Closed ezhang94 closed 1 year ago

ezhang94 commented 1 year ago
slinderman commented 1 year ago

Summarizing our in person conversation:

slinderman commented 1 year ago

@murphyk @gileshd: This PR changes the LGSSM models to support sampling with time-varying parameters. However, the fitting code still only supports static parameters. I'm a little nervous that this could lead to confusion if someone constructed a model with time-varying parameters then called fit and found those parameters were replaced with static ones.

My proposal to @ezhang94 was that we should re-introduce an lgssm_joint_sample function into dynamax.lgssm.inference. That function would draw samples of states and emissions from the joint distribution. I know we removed such sample functions early on since they are not technically "inference" code, but it seems like such a low level function could be useful. Thoughts?

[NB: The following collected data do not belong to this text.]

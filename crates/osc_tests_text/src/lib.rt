//! Tests of what no program shows: the recording's calls, drawn scripts, runs over edges that fail, and the sink
//! to a file. What a program prints is tested by tests/rows.
#![tactic(auto)]

#[cfg(test)]
mod file;
#[cfg(test)]
mod record;
#[cfg(test)]
mod script;
#[cfg(test)]
mod top;
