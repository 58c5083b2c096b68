// The sink to a file, on the file system that the test runs on.
use osc_edge::{FileSink, Put, Sink};
use std::alloc::Global;
use std::{fs, io};

fn sink_at(rt: &HostRuntime, path: &str) -> io::Result<FileSink> {
    let alloc: Global = rt.alloc();
    Ok(FileSink::at(rt, String::from_str(alloc, path)?))
}

fn holds(rt: &HostRuntime, path: &str, bytes: &[u8]) -> io::Result<bool> {
    Ok(fs::read(rt, path)?.as_slice() == bytes)
}

#[test]
fn a_file_is_made_at_the_first_write_and_holds_what_was_taken(rt: HostRuntime) -> io::Result<()> {
    let path = "file-sink.rec";
    let mut sink = sink_at(&rt, path)?;
    assert!(rt; fs::read(&rt, path).is_err());
    assert_eq!(rt; sink.write(b"/osc"), Put::Took(4));
    assert_eq!(rt; sink.write(b"/rec"), Put::Took(4));
    assert!(rt; holds(&rt, path, b"/osc/rec")?);
    let mut again = sink_at(&rt, path)?;
    assert_eq!(rt; again.write(b"x"), Put::Took(1));
    assert!(rt; holds(&rt, path, b"x")?);
    fs::remove_file(&rt, path)
}

#[test]
fn a_file_that_cannot_be_made_is_a_fault(rt: HostRuntime) -> io::Result<()> {
    let mut sink = sink_at(&rt, "no-such-folder/file-sink.rec")?;
    assert_eq!(rt; sink.write(b"x"), Put::Failed);
    assert_eq!(rt; sink.write(b"x"), Put::Failed);
    Ok(())
}
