// Scripts that are drawn. What is refused of a script stands in tests/rows.
use osc_script::Script;
use std::test::Fail;

/// Lines 65 to 80 that the rule of docs/FORMATS.md ("Generated scripts") draws from the seed 1, and below the line 65
/// that it draws from other seeds, one for the least and the greatest number of each kind of line. Another program
/// computed them.
const DRAWN: [&str; 16] = [
    "send 2f67312f2a0000002c690000000534cc",
    "pump",
    "send 2362756e646c650000000000000000f5000000102f67322f6e3600002c69000000048c69000000102f673f2f6e3130002c6900000007efbb",
    "send 2f67342f2a0000002c690000000d1920",
    "send 2362756e646c6500000000000000000e000000102f67322f6e3135002c69000000016c94000000102f673f2f6e3500002c690000000722ab",
    "send 2f67362f6e3200002c6900000007847d",
    "send 2f67342f6e3000002c690000000c3191",
    "add /g7/n2",
    "send 2362756e646c650000000000000000c7000000102f67362f6e3130002c6900000006294a000000102f673f2f6e3130002c6900000005cd9c",
    "send 2362756e646c65000000000000000501000000102f67342f6e3130002c69000000065d38000000242362756e646c65000000000000000001000000102f67352f6e3600002c69000000089934",
    "tick 0000000000000131",
    "tick 00000000000004db",
    "pump",
    "send 2362756e646c65000000000000000c9d000000102f67352f6e3800002c690000000536d6000000102f673f2f6e3300002c690000000ac2b7",
    "pump",
    "pump",
];

const FIRST_DRAWN: [(u64, &str); 15] = [
    (17, "add /g1/n4"),
    (10, "remove /g2/n3"),
    (51, "tick 000000000000032d"),
    (13, "tick 0000000000000327"),
    (30, "pump"),
    (16, "pump"),
    (33, "send 2f67312f6e3131002c6900000007561f"),
    (22, "send 2f67362f6e3133002c690000000041bc"),
    (39, "send 2f67372f2a0000002c6900000004aa60"),
    (18, "send 2f67322f2a0000002c690000000f077f"),
    (
        11,
        "send 2362756e646c65000000000000000e85000000102f67372f6e3800002c69000000014e1e000000102f673f2f6e3300002c690000000e5171",
    ),
    (
        14,
        "send 2362756e646c65000000000000000378000000102f67312f6e3133002c6900000003fb65000000102f673f2f6e3131002c69000000078018",
    ),
    (
        31,
        "send 2362756e646c650000000000000004d9000000102f67342f6e3132002c69000000055aa5000000242362756e646c65000000000000000001000000102f67342f6e3135002c6900000009e18b",
    ),
    (
        0,
        "send 2362756e646c6500000000000000070a000000102f67312f6e3400002c690000000caaad000000242362756e646c65000000000000000001000000102f67332f6e3800002c690000000704c7",
    ),
    (u64::MAX, "pump"),
];

/// The first nine lines, which are drawn from nothing.
const FIRST: &str =
    "add /g0/n0\nadd /g1/n0\nadd /g2/n0\nadd /g3/n0\nadd /g4/n0\nadd /g5/n0\nadd /g6/n0\nadd /g7/n0\nadd /g0/n1\n";

#[test]
fn generated_lines_are_those_that_another_program_draws(rt: HostRuntime) -> Result<(), Fail> {
    let alloc = rt.alloc();
    let mut drawn = Vec::new(alloc);
    for line in DRAWN {
        drawn.extend_from_slice(line.as_bytes())?;
        drawn.extend_from_slice(b"\n")?;
    }
    let script = Script::generate(alloc, 1, 80)?;
    assert!(rt; script.as_slice().ends_with(&drawn));
    assert_eq!(rt; script.as_slice().len(), 64 * 11 + drawn.len());
    assert!(rt; script.as_slice().starts_with(FIRST.as_bytes()));
    for (seed, line) in FIRST_DRAWN {
        let script = Script::generate(alloc, seed, 65)?;
        let text = format!(in alloc; "\nadd /g7/n7\n{line}\n")?;
        assert!(rt; script.as_slice().ends_with(text.as_bytes()));
    }
    Ok(())
}
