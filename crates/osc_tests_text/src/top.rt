// Runs over sources and sinks in memory that fail, and boxes that come back. What a run prints stands in tests/rows.
use osc_edge::{MemorySink, MemorySource};
use osc_message::Message;
use osc_method::{Call, Method, Trace};
use osc_plain::{plain_top, traces};
use std::alloc::{AllocError, Global};
use std::process::Abort;
use std::test::Fail;

const FIRST_LIGHT: &str = "add /light/dim\nsend 2f6c696768742f64696d0000 2c690000 00000007\npump\n";

/// A bundle in a bundle, at moment 2.
const NESTED: &str =
    "add /a\nadd /b\nadd /c\nsend 2362756e646c6500 0000000000000002 00000004 2f610000 00000018 2362756e646c6500 0000000000000002 00000004 2f620000 00000004 2f630000\ntick 0000000000000002\npump\n";

const REMOVED: &str = "add /a\nsend 2f610000\nremove /a\npump\nsend 2f610000\nadd /a\npump\n";

/// What the program is given besides its words and its input.
#[derive(Clone, Copy)]
struct Setting {
    boxes: u32,
    /// How many bytes each box tells, at most 64.
    keep: u32,
    /// Which call of the source and of the sink fails, counted from 1; 0 where none does.
    source_fails: u32,
    sink_fails: u32,
}

const SETTING: Setting = Setting {
    boxes: 8,
    keep: 64,
    source_fails: 0,
    sink_fails: 0,
};

/// What the program came to.
#[derive(Drop)]
struct Outcome {
    status: u8,
    written: Vec<u8>,
    /// The id of each method that was added, with the bytes that its box tells.
    heard: Vec<(u32, Vec<u8>)>,
    left: usize,
}

fn words(alloc: Global, line: &str) -> Result<Vec<String>, AllocError> {
    let mut words = Vec::new(alloc);
    for word in line.split_whitespace() {
        words.push(String::from_str(alloc, word)?)?;
    }
    Ok(words)
}

fn bytes_told(alloc: Global, method: &Box<dyn Method + Send>) -> Result<Vec<u8>, AllocError> {
    let mut bytes = Vec::new(alloc);
    for k in 0..method.told().unwrap_or(0) {
        bytes.push(method.byte(k))?;
    }
    Ok(bytes)
}

/// Does what the words say with the input.
fn perform(
    rt: &impl Abort,
    alloc: Global,
    line: &str,
    input: &[u8],
    setting: Setting,
) -> Result<Outcome, Fail> {
    assert!(rt; 0 < setting.keep && setting.keep <= 64);
    let mut bank: Vec<Box<dyn Method + Send>> = Vec::new(alloc);
    for _ in 0..setting.boxes {
        bank.push(Box::new(alloc, Trace::open(alloc, setting.keep)?)?)?;
    }
    let source_fails = Vec::from_array(alloc, [setting.source_fails])?;
    let mut source = MemorySource::open(Vec::from_slice(alloc, input)?, source_fails);
    let mut sink = MemorySink::open(alloc, Vec::from_array(alloc, [setting.sink_fails])?);
    let words = words(alloc, line)?;
    let ended = plain_top(alloc, &words, &mut source, &mut sink, bank);
    let mut heard = Vec::new(alloc);
    for (id, method) in &ended.heard {
        heard.push((*id, bytes_told(alloc, method)?))?;
    }
    Ok(Outcome {
        status: ended.status,
        written: Vec::from_slice(alloc, sink.bytes())?,
        heard,
        left: ended.left.len(),
    })
}

/// Two notes at one moment.
const SCORE: &str = "83aa7e8000000000 /a i:1\n83aa7e8000000000 /b s:hi T\n";

const PRINTED: &str =
    "add 0 /light/dim id 0\nsubmit 0 queued 0 1\nrelease 0 0 1\ncall 0 0 0 /light/dim ,i i:7\n";

/// Words and an input, how many boxes there are, which call of the source and of the sink fails, the status, and what is
/// written. The first script's run calls its source twice, the second time to find its end, and its sink once.
const ENDS: [(&str, &str, u32, u32, u32, u8, &str); 8] = [
    ("run", FIRST_LIGHT, 8, 2, 0, 4, ""),
    ("run", FIRST_LIGHT, 8, 3, 0, 0, PRINTED),
    ("run", FIRST_LIGHT, 8, 0, 2, 0, PRINTED),
    ("score --play", SCORE, 8, 2, 0, 4, ""),
    ("run", FIRST_LIGHT, 0, 0, 0, 8, "bank-short 1 0\n"),
    ("run", "add /a\nadd /b\n", 1, 0, 0, 8, "bank-short 2 1\n"),
    ("score --play", SCORE, 1, 0, 0, 8, "bank-short 2 1\n"),
    ("gen --lines 64", "", 8, 0, 0, 8, "bank-short 64 8\n"),
];

#[test]
fn edges_that_fail_and_a_short_bank_end_a_run(rt: HostRuntime) -> Result<(), Fail> {
    for (line, input, boxes, source_fails, sink_fails, status, written) in ENDS {
        let setting = Setting {
            boxes,
            keep: 64,
            source_fails,
            sink_fails,
        };
        let outcome = perform(&rt, rt.alloc(), line, input.as_bytes(), setting)?;
        assert!(rt; outcome.status == status, "{line}");
        assert!(rt; outcome.written.as_slice() == written.as_bytes(), "{line}");
        assert!(rt; status == 0 || outcome.heard.is_empty() && outcome.left == boxes as usize);
    }
    Ok(())
}

/// The second message of unit 0, `/c` without tags, as a box tells it.
const TOLD: [u8; 20] = [
    0, 0, 0, 0, 0, 0, 0, 0, 0, 0, 0, 1, 0, 0, 0, 4, 0x2f, 0x63, 0, 0,
];

#[test]
fn a_box_tells_the_last_bytes_of_its_calls(rt: HostRuntime) -> Result<(), Fail> {
    let alloc = rt.alloc();
    for (keep, told) in [(64, &TOLD[..]), (16, &TOLD[4..])] {
        let setting = Setting { keep, ..SETTING };
        let outcome = perform(&rt, alloc, "run", NESTED.as_bytes(), setting)?;
        let (id, bytes) = outcome.heard.last().ok_or("a box")?;
        assert_eq!(rt; *id, 2);
        assert_eq!(rt; bytes.as_slice(), told);
    }
    Ok(())
}

/// Of each script the ids of the methods that were added, in order, how many bytes the first one's box tells, and how
/// many of the eight boxes are left.
const BOXES: [(&str, &[u32], usize, usize); 3] = [
    // The removed box heard nothing.
    (REMOVED, &[0, 1], 0, 6),
    ("add /a\nadd /a\n", &[0], 0, 7),
    (FIRST_LIGHT, &[0], 36, 7),
];

#[test]
fn boxes_come_back_by_the_ids_of_their_methods(rt: HostRuntime) -> Result<(), Fail> {
    let alloc = rt.alloc();
    for (script, ids, told, left) in BOXES {
        let outcome = perform(&rt, alloc, "run", script.as_bytes(), SETTING)?;
        assert_eq!(rt; outcome.heard.len(), ids.len(), "{script}");
        for ((id, _), expected) in outcome.heard.iter().zip(ids) {
            assert_eq!(rt; *id, *expected, "{script}");
        }
        let (_, bytes) = outcome.heard.first().ok_or("a box")?;
        assert_eq!(rt; bytes.len(), told, "{script}");
        assert_eq!(rt; outcome.left, left, "{script}");
    }
    Ok(())
}

/// A call of which a box may tell 68 bytes: 16, and those of the message.
fn long_call() -> Result<Call<'static>, Fail> {
    let bytes = b"/aaaaaaaaaaaaaaaaaaaaaaaaaaaaaaaaaaaaaaaaaaaaaaaaaa\0";
    let message = Message::check(bytes, 65_504).ok().ok_or("a message")?;
    Ok(Call {
        unit: 0,
        index: 0,
        message,
    })
}

#[test]
fn the_program_has_8192_boxes_of_64_bytes(rt: HostRuntime) -> Result<(), Fail> {
    let mut traces = traces(rt.alloc())?;
    assert_eq!(rt; traces.len(), 8192);
    for trace in &mut traces {
        trace.invoke(&long_call()?);
        assert_eq!(rt; trace.told(), Some(64));
    }
    Ok(())
}

/// A sink takes at most 4,096 bytes a call, and the text of this script is longer: its one argument has 2,100 bytes.
#[test]
fn a_sink_that_fails_half_way_holds_a_front(rt: HostRuntime) -> Result<(), Fail> {
    let alloc = rt.alloc();
    let zeros = "0".repeat(alloc, 4200)?;
    let script = format!(in alloc; "add /a\nsend 2f610000 2c620000 00000834 {zeros}\npump\n")?;
    let front = "add 0 /a id 0\nsubmit 0 queued 0 1\nrelease 0 0 1\ncall 0 0 0 /a ,b b:";
    let text = format!(in alloc; "{front}{zeros}\n")?;
    let half = Setting {
        sink_fails: 2,
        ..SETTING
    };
    let held = text.as_bytes().get(..4096).ok_or("a longer text")?;
    let outcome = perform(&rt, alloc, "run", script.as_bytes(), half)?;
    assert!(rt; outcome.status == 5);
    assert!(rt; outcome.written.as_slice() == held);
    Ok(())
}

ezhang94 commented 1 year ago

@slinderman I have reverted models.py to its original format and added a lgssm_joint_sample function in inference.py as suggested.

gileshd commented 1 year ago

Sorry for being slow to respond to this.

This looks great, I agree that lgsmm.inference doesn't feel like the spiritual home for the lgssm_joint_sample function but it's probably better to have it slightly out of place than to have users confused when their time-varying parameters get silently replaced with static ones.

One potential small concern I have is that "joint_sample" might not be clear enough as a name. No succinct alternatives come to mind, lgssm_sample_states_and_emissions is a bit of a mouthful but perhaps that's not such a concern? At very least I think it might be helpful to be explicit in the docstring we are sampling from the joint distribution over states and emissions (not that there really is another natural joint that we would be talking about but if someone is new to these models it might be helpful).